17 November 2013

Ngumpet-ngumpet di Stasiun Tanjung Priok

Salah satu Peron di stasiun Tanjung Priok


Dengan gemas saya memandangi Ibu-ibu gemuk berambut ikal di hadapan saya.

Sebelumnya...


Saya mengikuti saran dari twitter KAI waktu saya menanyakan ijin memotret di di stasiun Tanjung Priok. Mereka menyarankan untuk menemui humas PT KAI yang berkantor di stasiun Jakarta Kota.

Kenapa perlu ijin? Karena saya membaca beberapa pengalaman beberapa orang yang didatangi petugas saat sedang memotret tempat tersebut dan satu lagi, stasiun itu merupakan milik KAI sehingga etikanya memang harus kulonuwun dulu kepada KAI.
Lobby di dalam kantor stasiun Jakarta Kota

Singkatnya saya membuka pintu kayu  tepat di hadapan peron. Dan terpampanglah lobby luas dan anggun. Dengan pilar-pilar melengkung khas Indies.  Resepsionis tidak terlihat karena menyempil di bawah tangga di belokan selasar.

Setelah menitipkan identitas, saya segera naik ke lantai 2 menuju ruangan humas. Terbiasa dengan ruangan humas yang tertata dan petugas yang komunikatif, saya terhenyak begitu bertemu dengan staf humas (?) yang acuh tak acuh di ruangan yang mirip kantor kelurahan.

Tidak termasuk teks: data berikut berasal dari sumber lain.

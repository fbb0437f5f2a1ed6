ghost use Rattle.std.specs.Prelude.{◌≡◌, ◌<◌, All, fold, length, map};
ghost use Rattle.rp_ident.specs.Naming.{disk_id, labeled, leaves, named, rows_named};

use crate::IdentFault;
use crate::given::{give_derived, give_fixed};
use crate::used::used_of;
use rp_base::{Guid, Row, Table};
use rp_hmac::derive;

/// What a row is to be called: its place in the table's rows, the place of its definition, the label, and the fixed
/// identifier if there is one.
#[derive(Clone, Copy, Debug)]
pub struct Naming {
    pub row: u16,
    pub file: u16,
    pub label: [u16; 36],
    pub fixed: Option<Guid>,
}

/// The table with names and identifiers. A disk without an identifier gets a derived one, a named row without a name its
/// label, and each named row without an identifier its fixed one, in order, and then, in order, the first of 256 derived
/// for its type that no row has. At a fault the table is dropped. It takes no memory.
pub fn name_rows(mut table: Table, namings: &[Naming], seed: Guid) -> Result<Table, IdentFault>
    requires { All (λ naming. naming.row < length table.rows) namings.now }
    ensures { result ≡ named table namings.now seed }
{
    table.disk = disk_id(seed, table.disk);
    name_all(table.rows.as_mut_slice(), namings, seed)?;
    Ok(table)
}

// The disk's identifier, a derived one where there is none.
fn disk_id(seed: Guid, disk: Guid) -> Guid
    ensures { result ≡ disk_id seed disk }
{
    if disk.0 == [0; 16] {
        derive(seed, b"disk-uuid", 0)
    } else {
        disk
    }
}

// Names the rows.
fn name_all(rows: &mut [Row], namings: &[Naming], seed: Guid) -> Result<(), IdentFault>
    requires { All (λ naming. naming.row < length rows.old) namings.now }
    ensures { leaves result rows.new ≡ rows_named rows.old namings.now seed }
{
    label(rows, namings);
    let mut used = used_of(rows);
    give_fixed(rows, &mut used, namings)?;
    give_derived(rows, &mut used, namings, seed)
}

// Gives each named row without a name its label.
fn label(rows: &mut [Row], namings: &[Naming])
    requires { All (λ naming. naming.row < length rows.old) namings.now }
    ensures { rows.new ≡ fold labeled rows.old namings.now }
{
    for naming in namings {
        label_one(rows, naming);
    }
}

// Gives the row of a naming its label, if it has no name.
fn label_one(rows: &mut [Row], naming: &Naming)
    requires { naming.now.row < length rows.old }
    ensures { rows.new ≡ labeled rows.old naming.now }
{
    let row = &mut rows[naming.row as usize];
    if row.name[0] == 0 {
        row.name = naming.label;
    }
}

Tepat di seberang terminal bus Tanjung Priok

Pendek kata, harus ke Gambir dulu dan menemui bagian heritage di sana, berarti balik lagi.  Heii,,,sebelumnya saya sudah mengirimkan email kepada bagian heritage, dan bounce back.

Malas harus balik lagi, saya memutuskan langsung saja ke stasiun Tanjung Priok dan melihat apa bisa dilakukan di situ.
Ruang antara loket dan ruang tunggu peron

Dan ternyata tidak sesulit yang yang dibayangkan.

Stasiun Tanjung Priok mudah dikenali, terletak tepat di seberang terminal bis.  Lebih gampang lagi jika naik bis Trans Jakarta dari Kota.  
Loket

Bangunan bergaya art deco bercat putih sedikit kusam itu dibangun tahun 1914 pada masa Gubernur Jenderal AFW Idenburg.  Idenya pada masa itu adalah untuk membawa penumpang kapal yang mendarat di pelabuhan Tanjung Priok menuju Batavia.  Dibutuhkan 1700 orang pekerja untuk menyelesaikan pembangunannya.


Kuli angkut?

Stasiun ini menjadi stasiun terbesar kedua setelah Batavia Centrum (sekarang Jakarta Kota) dengan 8 peron.  Khas bangunan Belanda adalah langit-langit yang tinggi dan penampang ruangan yang lega segera terlihat saat memasuki bangunan ini.

Tidak padat seperti stasiun Kota, walaupun ada aktivitas pemberangkatan kereta seperti sekarang ini waktu menunjukkan pukul 12:15, 10 menit lagi kereta ekonomi AC Bengawan jurusan Tanjung Priok-Jebres Solo akan segera berangkat.   Sepertinya Stasiun Tanjung Priok ini memang khusus untuk kereta barang dan beberapa kereta ekonomi.  Masih ada kereta Kertajaya dan Brantas yang menuju daerah Jawa Timur.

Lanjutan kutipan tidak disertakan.